Klebold also describes the agony and shame she experienced for years after the Columbine tragedy. While remaining compassionate for the victims and their loved ones, she criticizes the media for the way it distorted the background of her son and preyed on the victims’ despair to generate hype and attention. She emphasizes how “normal” her family was, but also recognizes that her son had many signals of severe depressive disorder that she and her husband did not adequately interpret.
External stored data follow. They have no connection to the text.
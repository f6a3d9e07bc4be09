//! The forms of a source's tokens, token by token.
ghost use Rattle.std.specs.Prelude.{◌≡◌, ◌++◌, ◌∷◌, [], OnOk, IfOk};
ghost use Rattle.fac_parse.specs.Trees.{inputs_of};
ghost use Rattle.fac_parse.specs.Trees.{named as is_named, is_parent_sign as is_sign};
ghost use Rattle.fac_parse.specs.inner.Reader.{in_state, row, begin, begun_at, row_ended, go_on as goes_on, with_part, with_run, more, written, last_inputs};
ghost use Rattle.fac_parse.specs.inner.Reader.{begin_row as row_begins, begins, is_semi, end_items as items_end, mark_of, begins_literal as literal_begins, grown, literal_grown};
ghost use Rattle.fac_parse.specs.inner.Reader.{top_step, name_step, names_step, sign_step, add_slot as slot_added, slots_step, parent_step};
ghost use Rattle.fac_parse.specs.inner.Reader.{key_step, fixed_step, may_take as fits_taking, effect_step, items_step, literal_step};
ghost use Rattle.fac_parse.specs.inner.Reader.{may_follow as may_stand_behind, with_mark, marks_step, step, ended, ended_top, start};
ghost use Rattle.fac_parse.specs.inner.Reader.{contexts_of, half_of, run_ends, open_of, state_of, IsHalfRead, IsRead, Goes, Finishes, IsSyntax};
ghost use Rattle.fac_source.specs.declared.tree.Part.TheVariants as part;
ghost use Rattle.fac_effect.specs.Spellings.{token_spelling};
ghost use Rattle.fac_effect.specs.EffectReading.{reads as reading, whole, after};

use crate::form_parts::{Marked, Naming, Taking};
use crate::run::{Growth, Run, Unfinished};
use fac_base::limits::MOST_SLOTS;
use fac_base::{Boxed, List, Memory, Place};
use fac_effect::{EffectReader, EffectStep, Spelling, classify, effect_from, may_stand, text};
use fac_source::{
    Bracket, DefinitionMark, Element, Form, FormKind, Key, Literal, Parent, Part, Slot, Term,
    Token, WrittenEffect, slot_at,
};
use std::alloc::Global;
use std::mem;
use thiserror::Error;

/// Why a source gives no tree.
#[derive(Clone, Copy, Debug, PartialEq, Eq, Error)]
pub enum ParseFault {
    /// No tree has these tokens. `at` is the number of the token behind the longest beginning of a tree.
    #[error("the tokens are in no tree")]
    Syntax { at: u32, why: Why },
    #[error("out of memory")]
    Memory,
}

/// What is wrong with tokens that are in no tree.
#[derive(Clone, Copy, Debug, PartialEq, Eq)]
pub enum Why {
    /// All of them begin a tree, and they end too early.
    End,
    /// No tree begins with the token that is told and those before it.
    Other,
}

impl From<Memory> for ParseFault {
    ghost use Rattle.fac_parse.specs.declared.reader.ParseFault.TheVariants.{Memory};

    ghost from_gives = { λ _ fault. fault ≡ Memory };

    fn from(_: Memory) -> Self {
        ParseFault::Memory
    }
}

/// The first token of a row.
#[derive(Clone, Copy)]
pub struct Head {
    pub kind: FormKind,
    pub opens: Place,
}

/// Where the next token stands.
#[derive(Clone, Copy)]
pub enum At {
    /// Among items at the top level, or between two rows.
    Top,
    /// Where a row has a name.
    Name(Head, Naming),
    /// Among names.
    Names(Head, Naming),
    /// Among the slots of a tuple class, or in front of its parent.
    Slots(Head),
    /// Behind the sign before a parent, which stands here.
    Parent(Head, Place),
    /// Where a row has a fixed token.
    Fixed(Head, Key),
    /// In an effect, or before it.
    Effect(Head, Taking),
    /// Among the items of a row.
    Items(Head, Taking),
    /// Where a row has a literal, or among its elements.
    Literal(Head),
    /// Behind the `;` of a row that may have marks.
    Marks(Head, Marked),
}

/// What was read so far. What stands in a list counts where the next token stands among what the list has.
#[derive(Drop)]
pub struct Reader {
    /// The forms that are whole.
    pub forms: List<Form>,
    /// The parts of the row that are whole.
    pub parts: List<Part>,
    /// Names, slots, or the tokens of an effect.
    pub names: List<Token>,
    /// The parent of the tuple class.
    pub parent: Option<Parent>,
    /// How far the effect is read.
    pub effect: EffectReader,
    /// Items.
    pub run: Run,
    pub marks: List<DefinitionMark>,
    pub at: At,
}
After characterizing her family life and her son’s mental health situation before the massacre, Klebold reflects on the time after the shooting. As investigators dove deep into Dylan’s private life, particularly his Internet activity, she gained new insights into her son and was shocked by his bizarre behavior patterns. She began to build a persona for Dylan in her mind that existed separate from the one she raised and “knew.” Therefore, as she grieved, she felt sometimes that she was grieving the deaths of two very different sons. She comes to newly understand how deeply depression can affect the human mind, making people capable of crimes most find unimaginable. Ultimately, in order to recover from the trauma, Klebold had to integrate her memory of the son she raised with the son that the investigators constructed from evidence about his private life.
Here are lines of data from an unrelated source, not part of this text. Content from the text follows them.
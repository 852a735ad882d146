// The calls at the vaults of a stage: 'Each step is the vault's own step'. A call is lent the vault's record where it lies.
ghost use Rattle.std.specs.Prelude.{◌≡◌, ◌≤◌, length};
ghost use Rattle.wire.specs.Fields.{Bytes};
ghost use Rattle.stage.specs.Stage.{stage_size, record_of};
ghost use Rattle.stage.specs.Lines.{vault_in, kind_of, start_of, delivered, waiting_now, timer_of, call_of};
ghost use Rattle.stage.specs.inside.Parts.{Named, Called};

use crate::{DELIVER, START, places};
use frame::Refusal;
use settings::Settings;

// '4 vaults .. with n = 4 and f = 1'
const VAULTS: u8 = 4;

const LIARS: u8 = 1;

// '00 start (vault, class, plan)'
fn start(stage: &mut [u8; places::SIZE], bytes: &[u8], out: &mut [u8]) -> Result<usize, Refusal>
    requires { Named bytes.now × (kind_of bytes.now ≡ 0) }
    ensures { Called stage.old (vault_in bytes.now) (start_of bytes.now) out.old result stage.new out.new }
{
    let set = Settings {
        n: VAULTS,
        f: LIARS,
        id: bytes[1],
        class: bytes[2],
    };
    let plan = wire::number64(bytes, 3);
    let at = places::record_place(bytes[1]);
    vault::start(&mut stage[at..at + record::SIZE], set, plan, out)
}

// '01 deliver (frame number, vault)': over the link from the frame's writer. The frame stays.
fn deliver(stage: &mut [u8; places::SIZE], k: u8, v: u8, out: &mut [u8]) -> Result<usize, Refusal>
    requires { v ≤ 3 }
    ensures { Called stage.old v (delivered (waiting_now stage.old k)) out.old result stage.new out.new }
{
    let mut frame = [0u8; places::MOST];
    let len = places::copy_frame(stage, k, &mut frame);
    let writer = places::writer_of(stage, k);
    let at = places::record_place(v);
    vault::frame(
        &mut stage[at..at + record::SIZE],
        writer,
        &frame[0..len],
        out,
    )
}

// '05 let a vault's timer for its current view expire'
fn timer(stage: &mut [u8; places::SIZE], v: u8, out: &mut [u8]) -> Result<usize, Refusal>
    requires { v ≤ 3 }
    ensures { Called stage.old v (timer_of (record_of stage.old v)) out.old result stage.new out.new }
{
    let at = places::record_place(v);
    let view = record::view_of(&stage[at..at + record::SIZE]);
    vault::timer(&mut stage[at..at + record::SIZE], view, out)
}

// The call that a line makes, by its kind.
pub fn call(stage: &mut [u8; places::SIZE], bytes: &[u8], out: &mut [u8]) -> Result<usize, Refusal>
    requires { Named bytes.now }
    ensures called { Called stage.old (vault_in bytes.now) (call_of stage.old bytes.now) out.old result stage.new out.new }
    ensures bytes { Bytes stage.new }
{
    if bytes[0] == START {
        return start(stage, bytes, out);
    }
    if bytes[0] == DELIVER {
        return deliver(stage, bytes[1], bytes[2], out);
    }
    timer(stage, bytes[1], out)
}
A Mother’s Reckoning challenges its audience to think critically about the normative ways of talking about gun violence, mass murder, suicide, and depression. Klebold attempts to humanize her son’s story without minimizing his accountability for his unimaginable crime. Klebold mounts a wide criticism of the media’s role in exacerbating mass murders and impeding the progress of mental illness discourse by casting murderers as one-dimensional monsters. Ultimately, Klebold’s hope is that her son’s story will help catalyze research and education around mental illness and mental illness stigma.